Послесловие Петера фон Матта
Опубликовано в журнале Иностранная литература, номер 5, 2008
Перевод Е. Суриц
Петер Биксель[1]
Стол — это стол
Я вам расскажу про одного старого человека, про человека, который больше ни слова не говорит, у которого усталое лицо, такое усталое, что даже не в силах улыбаться, такое усталое, что он даже не в силах хмуриться. Живет он в маленьком городке, в самом конце улицы, а может быть, возле перекрестка. Едва ли стоит здесь его описывать, едва ли хоть чем-то он отличается от других. Ходит он в серой шляпе, в сером пиджаке, а зимой в длинном сером пальто, и у него тонкая шея, морщинистая и сухая, и белые воротнички слишком ему широки.
Комната у него на самом верхнем этаже, возможно, раньше он был женат и у него были дети, возможно, раньше он жил совсем в другом городе. Определенно, когда-то он был ребенком, но только было это еще в те времена, когда детей одевали как взрослых. Мы это видим в бабушкиных альбомах. В комнате у него два стула, стол, ковер, кровать и шкаф. На маленьком столике стоит будильник, рядом лежат старые газеты и альбом с фографиями, на стене висит зеркало и портрет.
Утром старый человек ходил на прогулку, и под вечер он ходил на прогулку, перекидывался словом-другим с соседями, а вечером он сидел у себя за столом.
И ничего никогда не менялось, даже по воскресеньям ничего не менялось. И когда он сидел у себя за столом, он слышал, как тикает будильник, всегда тикает будильник.
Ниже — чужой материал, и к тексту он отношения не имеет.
//! Seeks the key moments of a session, block after block.

ghost use Rattle.std.specs.Prelude.{◌≡◌, ℕ, List, [], ◌∷◌, ◌++◌, true, IfOk, IfErr, IfSome, OnOk};
ghost use Rattle.recording.specs.Recording.{Block};
ghost use Rattle.recording_index.specs.KeyMoments.{moment_before};
ghost use Rattle.rebuilt_index.specs.Anew.{AreKeyMoments, IsKey};
ghost use Rattle.rebuilt_index.specs.Failing.{StopsSeeking, StopsSession};
ghost use Rattle.rebuilt_index.specs.Following.{Shows};
ghost use Rattle.rebuilt_index.specs.Seeking.{IsOpened, Seeks};
ghost use Rattle.rebuilt_index.specs.declared.bad.BadRebuild.TheVariants.{Recording};
ghost use Rattle.recording.specs.declared.bad.BadRecording.TheVariants as recording;
ghost use Rattle.fault.specs.declared.kinds.Fault.TheVariants.{Memory};

use crate::bad::BadRebuild;
use crate::follower::Follower;
use fault::Fault;
use recording_index::KeyMoment;
use rfb_wire::Joined;
use std::alloc::Global;

/// How many milliseconds lie between two key moments, at least.
const LEAST_APART: u32 = 1_000;

/// A follower from a block on that may be a key moment.
#[derive(Drop)]
pub(crate) struct Candidate {
    pub(crate) moment: KeyMoment,
    pub(crate) follower: Follower,
}

/// Whether both show the same.
fn look_alike(one: &Follower, other: &Follower) -> bool
    ensures { result ≡ true → Shows one.now.painter other.now.painter }
{
    let (width, height) = one.painter.size();
    if other.painter.size() != (width, height) {
        return false;
    }
    for y in 0..height {
        if one.painter.row(y) != other.painter.row(y) {
            return false;
        }
    }
    true
}

/// The block that was looked at, unless a whole update has come after which the screens differ.
fn still_tried(candidate: Candidate) -> Option<Candidate>
    ensures { IfSome result (λ left. left ≡ candidate) }
{
    if candidate.follower.is_between && candidate.follower.is_painted {
        return None;
    }
    Some(candidate)
}

/// Follows a session from its beginning on, and has the key moments that were found so far.
#[derive(Drop)]
pub(crate) struct Seeker {
    alloc: Global,
    main: Follower,
    /// The block that may be a key moment, if one is looked at.
    candidate: Option<Candidate>,
    moments: Vec<KeyMoment>,
    /// The last of them, or the beginning of the recording.
    last: KeyMoment,
}

/// How many bytes of an update tell where its first rectangle begins, and how wide it is (RFC 6143, 7.6.1).
const WIDTH_END: usize = 10;

/// Whether an update that begins so may bring all of the screen: it begins at the top left, and is as wide as the
/// screen. A Bell and a text may come before one (7.6.3, 7.6.4). No clause rests on it: it saves time.
fn may_be_whole(width: u64, said: &[u8]) -> bool {
    if said.len() < WIDTH_END {
        return true;
    }
    let corner = [said[4], said[5], said[6], said[7]];
    let first = u64::from(said[8]) * 256 + u64::from(said[9]);
    said[0] != 0 || (corner == [0; 4] && first == width)
}

impl Seeker {
    /// One who has seen nothing of a session but its handshake. It fails where memory is refused (`Memory`).
    pub(crate) fn new(alloc: Global, joined: &Joined) -> Result<Seeker, Fault>
        ensures ok { (blocks : List Block) (hello rest : List ℕ)
            → IsOpened blocks hello joined.now rest
            → IfOk result (λ seeker. Seeks rest seeker blocks) }
        ensures err { (blocks : List Block) (hello rest : List ℕ)
            → IsOpened blocks hello joined.now rest
            → IfErr result (λ fault. fault ≡ Memory) }
    {
        let main = Follower::new(alloc, joined.w, joined.h)?;
        Ok(Seeker {
            alloc,
            main,
            candidate: None,
            moments: Vec::new(alloc),
            last: KeyMoment { time: 0, place: 0 },
        })
    }

    /// Whether a key moment at this time is far enough from the last one.
    fn is_due(&self, time: u32) -> bool {
        self.last.place == 0 || time.saturating_sub(self.last.time) >= LEAST_APART
    }

    /// Whether the block that comes next, at this time, is to be looked at: it begins between two messages.
    fn may_begin(&self, time: u32) -> bool
        ensures { result ≡ true → self.now.main.is_between ≡ true }
    {
        self.candidate.is_none() && self.main.is_between && self.is_due(time)
    }

    /// Begins to look at the block that comes next, where it may be a key moment.
    fn begin(&mut self, moment: KeyMoment, said: &[u8]) -> Result<(), Fault>
        ensures ok { (blocks : List Block) (block : Block) → Seeks [] self.old blocks
            → moment ≡ moment_before blocks block → block.said ≡ said.now
            → OnOk result (Seeks said.now self.new (blocks ++ block ∷ [])) }
        ensures err { (blocks : List Block) → Seeks [] self.old blocks
            → IfErr result (λ fault. fault ≡ Memory) }
    {
        let (width, height) = self.main.decoder.size();
        if !self.may_begin(moment.time) || !may_be_whole(width, said) {
            return Ok(());
        }
        let follower = Follower::new(self.alloc, width, height)?;
        self.candidate = Some(Candidate { moment, follower });
        Ok(())
    }

    /// Follows what is said in the block.
    pub(crate) fn follow(&mut self, said: &[u8]) -> Result<(), Fault>
        ensures ok { (blocks : List Block) → Seeks said.now self.old blocks
            → OnOk result (Seeks [] self.new blocks) }
        ensures err { (blocks : List Block) → Seeks said.now self.old blocks
            → IfErr result (λ fault. StopsSession fault blocks) }
    {
        self.main.feed(said)?;
        let Some(mut candidate) = self.candidate.take() else {
            return Ok(());
        };
        candidate.follower.feed(said)?;
        self.candidate = Some(candidate);
        Ok(())
    }

    /// Whether both who follow stand between two messages, and show the same.
    fn is_key(&self, candidate: &Candidate) -> bool
        ensures main { result ≡ true → self.now.main.is_between ≡ true }
        ensures candidate { result ≡ true → candidate.now.follower.is_between ≡ true }
        ensures same { result ≡ true
            → Shows candidate.now.follower.painter self.now.main.painter }
    {
        let are_between = self.main.is_between && candidate.follower.is_between;
        are_between && look_alike(&candidate.follower, &self.main)
    }

    /// Notes a key moment, unless it is before the last one.
    fn note(&mut self, moment: KeyMoment) -> Result<(), BadRebuild>
        ensures ok { (blocks : List Block) → Seeks [] self.old blocks → IsKey blocks moment
            → OnOk result (Seeks [] self.new blocks) }
        ensures err { IfErr result (λ bad. bad ≡ Recording recording.Memory) }
    {
        if moment.time < self.last.time || moment.place < self.last.place {
            return Ok(());
        }
        self.moments.push(moment)?;
        self.last = moment;
        Ok(())
    }

    /// Decides on the block that is looked at. It is a key moment where both followers stand between two messages and
    /// show the same. It is given up where an update has come and they don't.
    fn judge(&mut self) -> Result<(), BadRebuild>
        ensures ok { (blocks : List Block) → Seeks [] self.old blocks
            → OnOk result (Seeks [] self.new blocks) }
        ensures err { IfErr result (λ bad. bad ≡ Recording recording.Memory) }
    {
        let Some(candidate) = self.candidate.take() else {
            return Ok(());
        };
        if self.is_key(&candidate) {
            return self.note(candidate.moment);
        }
        self.candidate = still_tried(candidate);
        Ok(())
    }

    /// Sees the next block of the recording.
    pub(crate) fn see(&mut self, moment: KeyMoment, said: &[u8]) -> Result<(), BadRebuild>
        ensures ok { (blocks : List Block) (block : Block) → Seeks [] self.old blocks
            → moment ≡ moment_before blocks block → block.said ≡ said.now
            → OnOk result (Seeks [] self.new (blocks ++ block ∷ [])) }
        ensures err { (blocks : List Block) (block : Block) → Seeks [] self.old blocks
            → moment ≡ moment_before blocks block → block.said ≡ said.now
            → IfErr result (λ bad. StopsSeeking bad (blocks ++ block ∷ [])) }
    {
        self.begin(moment, said)?;
        self.follow(said)?;
        self.judge()
    }

    /// The key moments that were found.
    pub(crate) fn into_moments(self) -> Vec<KeyMoment>
        ensures { (blocks : List Block) → Seeks [] self blocks → AreKeyMoments result.items blocks }
    {
        let Seeker {
            alloc: _,
            main: _,
            candidate: _,
            moments,
            last: _,
        } = self;
        moments
    }
}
Но вот однажды выдался такой удивительный день, солнечный день, не чересчур жаркий, не чересчур прохладный, и птицы пели, и были приветливы люди, и дети играли — но самое удивительное было то, что человеку вдруг все это понравилось.
Он улыбнулся.
«Теперь все переменится», — он подумал.
Он расстегнул верхнюю пуговку рубашки, взял в руку шляпу, ускорил шаг, даже подрагивал коленками на ходу и радовался. И он пришел на свою улицу, он покивал детям, вошел в свой дом, поднялся по лестнице, вынул из кармана ключ и отпер дверь свой комнаты.
Но в комнате все осталось по-прежнему: стол, два стула, кровать. И когда он сел, опять он услышал тиканье, и всю радость его как рукой сняло, потому что ничего не переменилось.
И нашла на него ужасная тоска.
Он увидел в зеркале, как у него покраснело лицо, увидел, как он сощурился; и тогда он сжал кулаки, поднял их, ударил об стол, раз, другой, потом еще, еще и стал барабанить кулаком об стол, он барабанил так и покрикивал:
— Все должно перемениться, все должно перемениться!
И теперь он не слышал будильника.
Но скоро у него заболели руки, у него сел голос, и снова он услышал будильник, и ничего не переменилось.
— Вечно тот же стол, — сказал человек, — те же стулья, кровать, портрет. И стол я называю столом, портрет я называю портретом, кровать — кроватью, и стул я называю стулом. А почему, собственно?
Называют же французы кровать «ли», стол «табль», стул «шэз», и ведь понимают друг друга. И даже китайцы друг друга понимают.
«Почему бы не назвать кровать портретом», — подумал человек, и он усмехнулся, а потом он захохотал, и он хохотал до тех пор, пока соседи не стали стучать ему в стенку и кричать: «Потише, пожалуйста!»
— Все теперь переменится! — крикнул он, и с тех пор он стал кровать называть портретом.
— Я устал, я хочу в портрет, — он говорил, и по утрам он долго лежал в портрете и думал, как бы ему назвать стул, и он назвал стул будильником.
Итак, он вставал, одевался, садился на будильник и опирался руками об стол. Но стол теперь уже не назывался стол, он теперь назывался ковер. Итак, утром этот человек вылезал из портрета, одевался, садился на будильник за ковер, и размышлял, что бы и как ему еще переименовать.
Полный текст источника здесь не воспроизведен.